> **Instructions to follow**
Transcribe each record as written.

**********

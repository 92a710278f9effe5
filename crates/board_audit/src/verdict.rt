//! What an audit answers.

/// How far a log agrees with its deck.
#[derive(Clone, Copy)]
pub enum Verdict {
    /// To its end, and it has the lines of all requests.
    Yes,
    /// Its first line is not the head of a log of all requests.
    Header,
    /// Up to the entry before this one, counted from 1.
    Entry(u32),
    /// It has the lines of all requests, and more bytes follow.
    Rest,
}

**********

> **Result for this task**
repository 92a710278f9effe5
filename crates/board_audit/src/verdict.rt
//! What an audit answers.

/// How far a log agrees with its deck.
#[derive(Clone, Copy)]
pub enum Verdict {
    /// To its end, and it has the lines of all requests.
    Yes,
    /// Its first line is not the head of a log of all requests.
    Header,
    /// Up to the entry before this one, counted from 1.
    Entry(u32),
    /// It has the lines of all requests, and more bytes follow.
    Rest,
}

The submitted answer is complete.